せんべいの袋を捨てて、マシュマロを食べ始めようとしている魔王に聞いた。

「うーん、共通語っていうのはあるけど、この子が知らないということもあるからね。起きてからじゃないと」

「じゃあ待っておこう。あ、台所借りるよ」

「ミルクなら好きに使え」

勇者に、一応言ってから、起きたらすぐに飲めるように、準備をしておいた。


彼女が起きると同時に、俺は哺乳瓶を渡す。

その横で、魔王が何かを言っていた。

「共通語を話しているんだろうな」

少し離れたところでテレビをみている勇者が言った。

「だろうな。俺にはさっぱりだ」

「大丈夫さ、わからんのは一人じゃない」

「二人が分からなくても、私には聞こえてるんだからね」

魔王が少し怒りながら、俺たちにいった。

「んで、分かったか」

「ええ、この子はミドリ。神の一人よ」


そもそも神というのは、ある特定の直系血族に与えられた称号である。

初代統一王であり、広大な面積を有していた一族である。

彼らに対しては、現在の民が尊敬の念を込めて、神と呼んだのがその呼称の始まりとされている。

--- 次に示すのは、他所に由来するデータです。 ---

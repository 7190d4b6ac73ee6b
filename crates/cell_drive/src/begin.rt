//! A run that is driven from its start to the end of its input.

ghost use Rattle.std.specs.Prelude.{◌≡◌, ◌≢◌, ◌↔◌, Err, IfOk, IsTrue};
ghost use Rattle.shop_base.specs.Ends.{HasEnded};
ghost use Rattle.byte_streams.specs.Lent.{streams_of};
ghost use Rattle.plan_verifier.specs.Accepted.{IsVerified};
ghost use Rattle.cell_control.specs.Control.{verified_in};
ghost use Rattle.cell_drive.specs.{Protocols.plain_from, Session.HoldsRun, Session.session_start};
ghost use Rattle.cell_drive.specs.InProtocol.{IsDriveIn, begun_in};

use crate::protocol::Protocol;
use crate::session::Session;
use byte_streams::{BufferedSink, DriveFault, Source, reading_room, stream};
use cell_control::{Controller, TourneyDues};
use plan_verifier::Verified;
use run_log::RunLog;
use shop_base::Moment;
use std::alloc::{AllocError, Global};
use std::marker::Model;

/// What a driven run has come to at the end of its input.
#[derive(Debug, Drop)]
pub struct DriveEnd {
    /// Whether the run has ended: all jobs are gone, and no machine is being cleaned.
    pub done: bool,
    /// The moment of the last accepted report, 0 before the first.
    pub last: Moment,
    /// How many reports are still to come.
    pub left: u64,
    /// What was accepted and ordered.
    pub log: RunLog,
    /// The plan.
    pub verified: Verified,
}

/// A run that has begun, with all the memory that driving it takes.
#[derive(Drop)]
pub struct Begun {
    session: Session<Verified, TourneyDues>,
    /// Where what is read lies at a time.
    room: Vec<u8>,
}

impl Model for Begun {
    ghost use Rattle.std.specs.Prelude.{◌≡◌, vec_len};
    ghost use Rattle.byte_streams.specs.declared.rooms.TheConstants.{MAX_PIECE};
    ghost use Rattle.cell_drive.specs.InProtocol.{BegunRun, IsUndriven, begun_by};

    ghost Value = { BegunRun };

    ghost view = { λ b. begun_by b.session };

    ghost invariant = { λ b. IsUndriven b.session × (vec_len b.room ≡ MAX_PIECE) };
}

impl Begun {
    /// The plan.
    pub fn verified(&self) -> &Verified
        ensures plan { result.now ≡ self.now.verified }
        ensures verified { IsVerified self.now.verified }
    {
        self.session.controller.verified()
    }
}

/// The session of an accepted plan before the first report, with an empty log.
fn begin(
    alloc: Global,
    verified: Verified,
    protocol: Protocol,
) -> Result<Session<Verified, TourneyDues>, AllocError>
    ensures { IfOk result (λ session. session ≡ session_start protocol verified) }
{
    let log = match RunLog::for_run(alloc, &verified) {
        Ok(log) => log,
        Err(error) => {
            drop(verified);
            return Err(error);
        }
    };
    match Controller::new(alloc, verified) {
        Ok(controller) => {
            // Called for its clauses alone: what holds of every such controller.
            let _plan = controller.verified();
            Ok(Session {
                protocol,
                controller,
                log,
            })
        }
        Err((error, verified)) => {
            drop(verified);
            Err(error)
        }
    }
}

/// What the run has come to.
fn end(session: Session<Verified, TourneyDues>) -> DriveEnd
    ensures kept { HoldsRun session.control session.log }
    ensures log { result.log ≡ session.log }
    ensures plan { result.verified ≡ verified_in session.control }
    ensures verified { IsVerified (verified_in session.control) }
    ensures done { IsTrue result.done ↔ HasEnded session.control.planned session.control.cell }
    ensures last { result.last ≡ session.control.cell.last }
    ensures left { result.left ≡ session.control.left }
{
    let Session {
        protocol: _,
        controller,
        log,
    } = session;
    // Called for its clauses alone: the plan is an accepted one.
    let _plan = controller.verified();
    DriveEnd {
        done: controller.is_done(),
        last: controller.now(),
        left: controller.reports_left(),
        log,
        verified: controller.into_verified(),
    }
}

/// Drives the cell of an accepted plan: takes a report from each line of input, and answers it by the moves that it
/// releases before it waits for the next line. The closing line says whether the run is done.
///
/// The lines are `arrive JOB MOMENT`, `finish JOB MACHINE MOMENT` and `clean MACHINE MOMENT`. What isn't possible is
/// refused by a line of its own, and changes nothing. A run that is done goes on to the end of its input.
///
/// `Memory` is answered before the first byte is read. A closing line is written only where nothing has failed before
/// it; of one whose own write fails the first bytes may be out. After a fault the plan is gone.
pub fn drive<R: Source, W: BufferedSink>(
    alloc: Global,
    verified: Verified,
    reader: &mut R,
    writer: &mut W,
) -> Result<DriveEnd, DriveFault>
    ensures driven { IsDriveIn (plain_from 0) verified (streams_of R.Source W.Sink W.pending reader.old writer.old)
        (streams_of R.Source W.Sink W.pending reader.new writer.new) result }
    ensures untouched { result ≡ Err DriveFault.Memory → (reader.new ≡ reader.old) × (writer.new ≡ writer.old) }
{
    drive_in(alloc, verified, Protocol::plain(), reader, writer)
}

/// Begins the run of an accepted plan, to be driven by this protocol.
///
/// In version 2 of the lines there are `clean MACHINE JOB MOMENT`, the cleaning after that job, and `status`, which
/// asks for the state; each refusal and each late report is written with what the controller has, and `done MOMENT` at
/// once. A report whose moment is further than `max_gap` from the last accepted one, or from `from` where that is
/// later, is refused as `Leap`, after `Backwards` in the order of reasons.
///
/// All memory is allocated here.
pub fn begin_in(alloc: Global, verified: Verified, protocol: Protocol) -> Result<Begun, AllocError>
    ensures { IfOk result (λ begun. begun ≡ begun_in protocol verified) }
{
    let room = match reading_room(alloc) {
        Ok(room) => room,
        Err(error) => {
            drop(verified);
            return Err(error);
        }
    };
    let session = begin(alloc, verified, protocol)?;
    Ok(Begun { session, room })
}

/// Drives a run that has begun, as [`drive`] does, by its protocol. `Memory` is never answered.
pub fn drive_begun<R: Source, W: BufferedSink>(
    begun: Begun,
    reader: &mut R,
    writer: &mut W,
) -> Result<DriveEnd, DriveFault>
    ensures driven { IsDriveIn begun.protocol begun.verified
        (streams_of R.Source W.Sink W.pending reader.old writer.old)
        (streams_of R.Source W.Sink W.pending reader.new writer.new) result }
    ensures memory { result ≢ Err DriveFault.Memory }
{
    let Begun {
        mut session,
        mut room,
    } = begun;
    match stream(&mut session, reader, &mut room, writer) {
        Ok(()) => Ok(end(session)),
        Err(fault) => {
            drop(session);
            Err(fault)
        }
    }
}

/// Drives the cell of an accepted plan, as [`drive`] does, by this protocol, as [`begin_in`] says of it.
pub fn drive_in<R: Source, W: BufferedSink>(
    alloc: Global,
    verified: Verified,
    protocol: Protocol,
    reader: &mut R,
    writer: &mut W,
) -> Result<DriveEnd, DriveFault>
    ensures driven { IsDriveIn protocol verified (streams_of R.Source W.Sink W.pending reader.old writer.old)
        (streams_of R.Source W.Sink W.pending reader.new writer.new) result }
    ensures untouched { result ≡ Err DriveFault.Memory → (reader.new ≡ reader.old) × (writer.new ≡ writer.old) }
{
    match begin_in(alloc, verified, protocol) {
        Ok(begun) => drive_begun(begun, reader, writer),
        Err(error) => Err(DriveFault::from(error)),
    }
}
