//! The state of a run, as an operator reads it: where each job is that hasn't left, which machines are being cleaned,
//! since when and until when, what of that is overdue, and how much is left.
#![tactic(auto)]

pub mod laws;
mod rest_state;
mod standing_lines;

pub use rest_state::push_state;
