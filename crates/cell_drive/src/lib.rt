//! Cells driven by lines of text: reports in, move orders out, over any reader and any writer of bytes.
//!
//! A session is a controller and the [`Protocol`] in which lines are read and answered. [`drive`] and [`drive_hub`]
//! begin one at the start of a run, for one cell or for several. A driven run is recovered from its log, which may
//! have been cut at any byte: [`recover`] gives what the run had come to by the log, or why it can't be recovered.
//! [`resume_in`] goes on from there: it writes the run once more, and drives it on.
#![tactic(auto)]

mod begin;
mod examining;
mod hub;
mod lateness;
mod protocol;
mod recovery;
mod refusals;
mod replay;
mod replies;
mod requests;
mod resume;
mod resume_fault;
mod session;
mod states;
mod v1_replay;

pub use begin::{Begun, DriveEnd, begin_in, drive, drive_begun, drive_in};
pub use byte_streams::{
    Buffered, BufferedSink, DriveFault, FromRead, LineHandler, MAX_LINE, MAX_PIECE, ReadFault,
    Source, reading_room, stream,
};
pub use event_lines::{done_line, late_line, refused_line, report_of, unfinished_line};
pub use hub::{HubEnd, drive_hub, drive_hub_in};
pub use protocol::Protocol;
pub use recovery::{RecoveredRun, Replayed, recover};
pub use refusals::Refusal;
pub use resume::{RestEnd, continue_in, replay_in, resume_in};
pub use resume_fault::ResumeFault;
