//! The lines of the events that a log recorded, written once more by a protocol.

ghost use Rattle.std.specs.Prelude.{◌≡◌, [], length, OnOk};
ghost use Rattle.shop_base.specs.{Report.at, Report.CanReport, Run.CanHappen, Run.AreEvents};
ghost use Rattle.cell_tables.specs.Events.{event_of, events_of};
ghost use Rattle.byte_streams.specs.Lent.{WroteTo};
ghost use Rattle.cell_drive.specs.{ProtocolText.lateness_part, ProtocolText.printed_overdue};
ghost use Rattle.cell_drive.specs.{Replay.replay_line, Replay.replay_lines};

use crate::examining::printed_overdue;
use crate::protocol::Protocol;
use crate::replies::{put_event, put_lateness};
use byte_streams::{Sink, WriteFault};
use cell_control::Report;
use cell_tables::{Entry, WorkCell};
use run_log::follow_entry;
use shop_base::Planned;

/// Writes the line that the report was late, if it was, with what was overdue in the cell, if the protocol prints that.
fn put_was_late<P: Planned, W: Sink>(
    protocol: Protocol,
    cell: &WorkCell<P>,
    report: Report,
    late: bool,
    writer: &mut W,
) -> Result<(), WriteFault>
    requires { CanReport cell.now.plan cell.now.cell report }
    ensures wrote { WroteTo W.Sink result writer.old writer.new
        (lateness_part [] (at report) late (printed_overdue protocol cell.now.plan cell.now.cell report)) }
    ensures unfailed { OnOk result (W.failed writer.new ≡ W.failed writer.old) }
{
    if !late {
        return Ok(());
    }
    let overdue = printed_overdue(protocol, cell, true, report);
    put_lateness(b"", report, late, overdue, writer)
}

/// Writes the line of the event, which can happen in the cell, and behind that of a late report the line that it was.
#[tactic(auto, using(crate::proofs::CellTexts::wrote_next, crate::proofs::CellTexts::broke_first))]
fn put_replay<P: Planned, W: Sink>(
    protocol: Protocol,
    cell: &WorkCell<P>,
    entry: Entry,
    late: bool,
    writer: &mut W,
) -> Result<(), WriteFault>
    requires { CanHappen cell.now.plan cell.now.cell (event_of entry) }
    ensures wrote { WroteTo W.Sink result writer.old writer.new
        (replay_line cell.now.plan protocol cell.now.cell entry late) }
    ensures unfailed { OnOk result (W.failed writer.new ≡ W.failed writer.old) }
{
    match entry {
        Entry::Report(report) => {
            put_event(b"", Entry::Report(report), writer)?;
            put_was_late(protocol, cell, report, late, writer)
        }
        Entry::Order(_) => put_event(b"", entry, writer),
    }
}

/// Writes the lines of the events, which happen from the cell on.
pub(crate) fn put_replay_events<P: Planned, W: Sink>(
    protocol: Protocol,
    cell: WorkCell<P>,
    entries: &[Entry],
    late: &[bool],
    writer: &mut W,
) -> Result<(), WriteFault>
    requires run { AreEvents cell.plan cell.cell (events_of entries.now) }
    requires same { length entries.now ≡ length late.now }
    ensures wrote { WroteTo W.Sink result writer.old writer.new
        (replay_lines cell.plan protocol cell.cell entries.now late.now) }
    ensures unfailed { OnOk result (W.failed writer.new ≡ W.failed writer.old) }
{
    let mut cell = cell;
    for place in 0..entries.len() {
        put_replay(protocol, &cell, entries[place], late[place], writer)?;
        follow_entry(&mut cell, entries[place]);
    }
    Ok(())
}
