//! The lines of a state.

ghost use Rattle.std.specs.Prelude.{◌≡◌, ◌+◌, ◌≤◌, ◌++◌, codes, false, length, OnOk};
ghost use Rattle.people_names.specs.Words.{visit_word};
ghost use Rattle.event_lines.specs.Words.{words_before};
ghost use Rattle.run_state.specs.StateLines.{since_words, target_words, standing_words, now_line, overdue_end};
ghost use Rattle.run_state.specs.StateLines.{standing_line, left_line, reports_line};

use cell_tables::{Standing, Visit};
use people_names::Names;
use shop_base::{Moment, Spot};
use std::alloc::AllocError;
use text_lines::LineText;

/// The bytes of the longest line: two names of 40 bytes and a step, two moments of 29 bytes, and the words.
const ROOM: usize = 200;

type Line = LineText<ROOM>;

/// Adds `now N`.
pub(crate) fn push_now_line(text: &mut Vec<u8>, names: &Names, at: Moment) -> Result<(), AllocError>
    ensures { OnOk result (text.new.items ≡ text.old.items ++ now_line names.now at) }
{
    let mut line = Line::ended();
    names.put_moment(&mut line, at);
    line.put_text(b"now ");
    text.extend_from_slice(line.bytes())
}

/// Adds the line of a job that isn't gone, or of a machine that is being cleaned.
pub(crate) fn push_standing_line(
    text: &mut Vec<u8>,
    names: &Names,
    standing: Standing,
    at: Moment,
) -> Result<(), AllocError>
    ensures { OnOk result (text.new.items ≡ text.old.items ++ standing_line names.now at standing) }
{
    let mut line = Line::ended();
    put_overdue(&mut line, standing.is_overdue(at));
    put_standing(&mut line, names, standing);
    text.extend_from_slice(line.bytes())
}

/// Adds `left K of J`.
pub(crate) fn push_left_line(text: &mut Vec<u8>, left: u32, jobs: u32) -> Result<(), AllocError>
    ensures { OnOk result (text.new.items ≡ text.old.items ++ left_line left jobs) }
{
    let mut line = Line::ended();
    line.put_short_number(jobs);
    line.put_text(b" of ");
    line.put_short_number(left);
    line.put_text(b"left ");
    text.extend_from_slice(line.bytes())
}

/// Adds `reports K`.
pub(crate) fn push_reports_line(text: &mut Vec<u8>, left: u64) -> Result<(), AllocError>
    ensures { OnOk result (text.new.items ≡ text.old.items ++ reports_line left) }
{
    let mut line = Line::ended();
    line.put_number(left);
    line.put_text(b"reports ");
    text.extend_from_slice(line.bytes())
}

/// Writes ` overdue` before the line feed alone, if it is.
fn put_overdue(line: &mut Line, overdue: bool)
    requires { line.old ≡ overdue_end false }
    ensures written { line.new ≡ overdue_end overdue }
    ensures length { length line.new ≤ 9 }
{
    if overdue {
        line.put_text(b" overdue");
    }
}

/// Writes `since S due D` before what there is.
fn put_since(line: &mut Line, names: &Names, since: Moment, due: Moment)
    requires { length line.old ≤ 9 }
    ensures written { line.new ≡ words_before (since_words names.now since due) line.old }
    ensures length { length line.new ≤ 69 + length line.old }
{
    names.put_moment(line, due);
    line.put_text(b" due ");
    names.put_moment(line, since);
    line.put_text(b"since ");
}

/// Writes what a job waits for before what there is.
fn put_target(line: &mut Line, names: &Names, target: Spot)
    requires { length line.old ≤ 9 }
    ensures written { line.new ≡ words_before (target_words names.now target) line.old }
    ensures length { length line.new ≤ 52 + length line.old }
{
    match target {
        Spot::Out => line.put_text(b"to leave"),
        Spot::At(machine) => {
            names.put_machine(line, machine);
            line.put_text(b"for machine ");
        }
    }
}

/// Writes `job J`, with the step where its visits are told apart by it, and these words before what there is.
fn put_visit(line: &mut Line, names: &Names, visit: Visit, words: &[u8])
    requires words { length words.now ≤ 20 }
    requires room { 75 + length line.old ≤ ROOM }
    ensures written { line.new
        ≡ codes "job " ++ (visit_word names.now visit.job visit.step ++ (words.now ++ line.old)) }
    ensures length { length line.new ≤ 55 + (length words.now + length line.old) }
{
    line.put_text(words);
    names.put_visit(line, visit.job, visit.step);
    line.put_text(b"job ");
}

/// Writes the words of how it stands before what there is.
fn put_standing(line: &mut Line, names: &Names, standing: Standing)
    requires { length line.old ≤ 9 }
    ensures written { line.new ≡ words_before (standing_words names.now standing) line.old }
    ensures length { length line.new ≤ ROOM }
{
    match standing {
        Standing::Awaited { job, due } => {
            names.put_moment(line, due);
            line.put_text(b" arrives ");
            names.put_job(line, job);
            line.put_text(b"job ");
        }
        Standing::Outside { job, target } => {
            put_target(line, names, target);
            line.put_text(b" waits outside ");
            names.put_job(line, job);
            line.put_text(b"job ");
        }
        Standing::Worked {
            visit,
            machine,
            since,
            due,
        } => {
            put_since(line, names, since, due);
            line.put_text(b" ");
            names.put_machine(line, machine);
            put_visit(line, names, visit, b" on machine ");
        }
        Standing::Done {
            visit,
            machine,
            target,
        } => {
            put_target(line, names, target);
            line.put_text(b" ");
            names.put_machine(line, machine);
            put_visit(line, names, visit, b" waits on machine ");
        }
        Standing::Cleaned {
            machine,
            after,
            since,
            due,
        } => {
            put_since(line, names, since, due);
            put_visit(line, names, after, b" ");
            line.put_text(b" cleaned after ");
            names.put_machine(line, machine);
            line.put_text(b"machine ");
        }
        Standing::Gone { job: _, at: _ } | Standing::Clean { machine: _ } => {}
    }
}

世襲制である魔王の最初の人を始祖とするその一族の末えいが、今目の前でミルクを一気飲みしているこの子ということらしい。

「本当か」

「確かめる方法といえば、実際に向こうに行くぐらいしか思いつかないわね」

「魔界へか。前行った時には、次期魔王を争っていた最中だっただと」

「まあいいよ。この子がこっちにきたっていうことは、俺と波長があったっていうことだし。しっかり育てるよ」

「それがいいでしょうね」

残念そうに魔王が言った。

「向こうから連絡があれば、伝えるよ」

「そりゃよかった」

俺は勇者に笑いかけながら言って、彼女をベビーカーに乗せてから、ベッドを折りたたんで、背負ってから、家を出た。